An important question in the sulphur amino acid nutrition of animals is the extent to which cystine can meet the methionine + cystine requirements. Because methionine can be converted into cystine but there is no conver sion of cystine into methionine, it has been assumed that methionine can fulfil the need for both methionine and cystine but that cystine can only fulfil the cystine need and, therefore, only a portion of the methionine + cystine requirement. This issue has important practical implications because most feedstuffs included in swine diets are higher in cystine than methionine (NRC, 1998). Thus, diets can be relatively high in total sulphur amino acids but low in methionine. In addition, it has been suggested that a high cystine content may increase the methionine requirement (Kirchgessner et ai, 1994b).

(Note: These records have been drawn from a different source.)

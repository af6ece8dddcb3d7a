//! What a dealer hands back.

ghost use Rattle.std.specs.Prelude.{◌≡◌, None, IfSome};

use fq_block::Block;
use fq_lane::{End, NotEnded, Rx};
use fq_run_core::shared::ReadingEnd;

/// What a dealer hands back: what is needed to confirm its lanes, why reading stopped, and the
/// source.
#[derive(Drop)]
pub(crate) struct Dealt<S> {
    /// The receiver of the start lane, which was taken to its mark.
    pub(crate) start: Rx<()>,
    /// The ends of the lanes of blocks, one per worker.
    pub(crate) closings: Vec<Result<End<Block>, NotEnded>>,
    /// Why no further pair was read. `None` if no start item came.
    pub(crate) why: Option<ReadingEnd>,
    /// The source, with the pairs that were not read.
    pub(crate) source: S,
}

impl<S: Drop> Dealt<S> {
    /// The source of a dealer that got no start item, from which nothing was read. `None` if it got
    /// one.
    pub(crate) fn into_unread(self) -> Option<S>
        ensures { IfSome result (λ source. (source ≡ self.source) × (self.why ≡ None)) }
    {
        let Dealt { why, source, .. } = self;
        match why {
            None => Some(source),
            Some(_) => None,
        }
    }
}
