//! Reads the pairs of a block.

ghost use Rattle.std.specs.Prelude.{◌≡◌, ◌≤◌, []};
ghost use Rattle.fq_pair.specs.Walks.{GoesOn};
ghost use Rattle.fq_run.specs.dealer.Filling.{Fills};

use fq_block::Block;
use fq_pair::PairReader;
use fq_run_core::shared::ReadingEnd;
use fq_text::MemoryRefused;

/// Fills a block with the next pairs, up to `most`.
///
/// Returns why reading stopped, or `None` if the block has `most` pairs. If memory for a pair is
/// refused, that pair is lost; the pairs before it stay in the block.
#[tactic(auto, using(std::proofs::lemmas::Grind::common_steps, fq_run_core::proofs::WalkLemmas::is_in_hand, fq_run_core::proofs::WalkLemmas::if_in_hand, crate::proofs::dealer::DealerLemmas::filled_none, crate::proofs::dealer::DealerLemmas::filled_encoding, crate::proofs::dealer::DealerLemmas::fills_stopped, crate::proofs::dealer::DealerLemmas::fills_full))]
pub(crate) fn fill<S: PairReader>(
    source: &mut S,
    most: u64,
    block: &mut Block,
) -> Option<ReadingEnd>
    requires goes { GoesOn (S.state source.old) }
    requires some { 1 ≤ most }
    requires few { most ≤ 65536 }
    requires clear { block.old.pairs ≡ [] }
    requires encoding { block.old.encoding ≡ (S.state source.old).encoding }
    ensures { Fills (S.state source.old)
        (S.state source.new) most block.old block.new result }
{
    for _ in 0..most {
        match source.advance_pair() {
            Ok(true) => {
                let pair = source.pair_in_hand();
                let names = source.names_in_hand();
                if let Err(e) = block.push_named(&pair, names) {
                    return Some(ReadingEnd::Memory(MemoryRefused::from(e)));
                }
            }
            Ok(false) => return Some(ReadingEnd::End),
            Err(fault) => return Some(ReadingEnd::Fault(fault)),
        }
    }
    None
}
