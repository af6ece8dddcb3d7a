//! Fills blocks, and deals them out in turn.

ghost use Rattle.std.specs.Prelude.{◌≡◌, Some, [], vec_len};
ghost use Rattle.fq_run.specs.Doing.{deals, passes_start};
ghost use Rattle.fq_run.specs.dealer.DealingOut.{MayDeal, DealsOut, SendsFilled};

use crate::dealer::ends::DealerEnds;
use crate::dealer::filling::fill;
use crate::dealer::waiting::DealerWaits;
use crate::turns::next_turn;
use fq_block::Block;
use fq_lane::Taken;
use fq_pair::PairReader;
use fq_run_core::Settings;
use fq_run_core::shared::ReadingEnd;
use fq_text::Encoding;
use std::alloc::Global;
use std::sync::Wait;

/// Reads blocks and deals them out in turn, until reading stops. Returns why it stopped.
pub(crate) fn deal_blocks<R: Wait, S: PairReader>(
    alloc: Global,
    waits: &mut DealerWaits<'_, R>,
    settings: &Settings,
    source: &mut S,
    to: &mut Vec<DealerEnds>,
) -> ReadingEnd
    requires next { waits.old ≡ deals }
    requires deals { MayDeal settings.now (S.state source.old) (vec_len to.old) to.old.items }
    ensures deals { DealsOut settings.now (S.state source.old)
        (S.state source.new) to.old.items to.new.items (Some result) }
    ensures next { waits.new ≡ passes_start }
{
    let lanes = to.len();
    let mut turn = 0;
    let mut number = 0;
    // The label is the loop's name in its proof.
    'dealing: loop {
        let ends = &mut to[turn];
        let mut block = ready_block(alloc, ends, number, settings.encoding());
        let why = fill(source, settings.block_pairs(), &mut block);
        put_filled(waits, ends, block);
        if let Some(why) = why {
            waits.end_reading();
            return why;
        }
        turn = next_turn(turn, lanes);
        number += 1;
    }
}

// An empty block with this number: one that came back, or a new one. A block in another encoding is
// dropped.
fn ready_block(alloc: Global, ends: &mut DealerEnds, number: u64, encoding: Encoding) -> Block
    ensures block { result ≡ record { number = number; encoding = encoding; pairs = [] } }
    ensures unsent { ends.new ≡ ends.old }
{
    match ends.back.take() {
        Taken::Item(mut block) if block.encoding() == encoding => {
            block.reset(number);
            block
        }
        _ => Block::new(alloc, number, encoding),
    }
}

// Sends a block to a worker, and waits for room. An empty block is dropped.
fn put_filled<R: Wait>(waits: &mut DealerWaits<'_, R>, ends: &mut DealerEnds, block: Block)
    requires next { waits.old ≡ deals }
    ensures sends { SendsFilled block ends.old ends.new }
    ensures next { waits.new ≡ deals }
{
    if !block.is_empty() {
        waits.put_block(ends, block);
    }
}
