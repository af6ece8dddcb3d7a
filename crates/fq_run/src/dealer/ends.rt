//! The dealer's ends of lanes.

use crate::lanes::used::UsedBlocks;
use fq_block::Block;
use fq_lane::Tx;
use std::marker::Model;

/// The dealer's ends of the lanes of one worker. Contracts see the lane of blocks alone.
#[derive(Drop)]
pub(crate) struct DealerEnds {
    /// The blocks to the worker.
    pub(crate) to: Tx<Block>,
    /// Used blocks, back from the worker.
    pub(crate) back: UsedBlocks,
}

impl Model for DealerEnds {
    ghost use Rattle.fq_lane.specs.History.{History};
    ghost use Rattle.fq_block.specs.Blocks.{Numbered};

    ghost Value = { History Numbered };

    ghost view = { λ e. e.to };
}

Although the question about the maximum proportion of total sulphur amino acids that can be provided by cystine seems simple at first sight, many issues have confounded estimates during the 50 years that this has been investigated. Some of the issues are methodological such as inappropriate response criteria, underestimation of sulphur amino acid content of diets because of improper analysis, and differences in bioavailability of sulphur amino acids in different feedstuffs (Chung and Baker, 1992b). In addition, however, there are two fundamental issues that can confound interpretation of results. First it is important to clarify whether the replacement of methionine with cystine is on a weight or molar basis. Because the molecular weight of methionine (149) is greater than that of cysteine (121), equal weights of these two amino acids provide only 81% as many moles of methionine as cysteine (121/149 = 0.81). Thus, on a weight basis, increasing the methionine : cysteine ratio provides a decreasing number of moles of sulphur amino acids. Almost all estimates of the maximum portion of the methionine + cystine requirement that can be provided by cystine have been expressed on a weight basis and have ignored this issue. The second issue is that the proportion of methionine + cystine that can be provided by cystine is much greater for maintenance than for new tissue accretion. Consequently, the cystine replacement value increases as a pig matures and maintenance becomes a larger proportion of total amino acid need.
An initial estimate of the proportion of methionine + cystine that could be provided by cystine was proposed by Shelton et al.
(1951). Based on their experiment, they concluded that the methionine requirement of 20kg growing pigs was 6.0 g kg-1 in the absence of cystine and 3.0 g kg-1 in the presence of adequate or excess cystine (6.0 g kg 1 added cystine in their experiment). On the basis of these results, they concluded that 'approximately 50% of the methionine can be replaced with cystine in the diet of the weanling pig'. Although this study made an important initial contribution, both the number of animals and the number of treatments was very limited. There was no titration of either the methionine + cystine requirement or various methionine:cystine ratios.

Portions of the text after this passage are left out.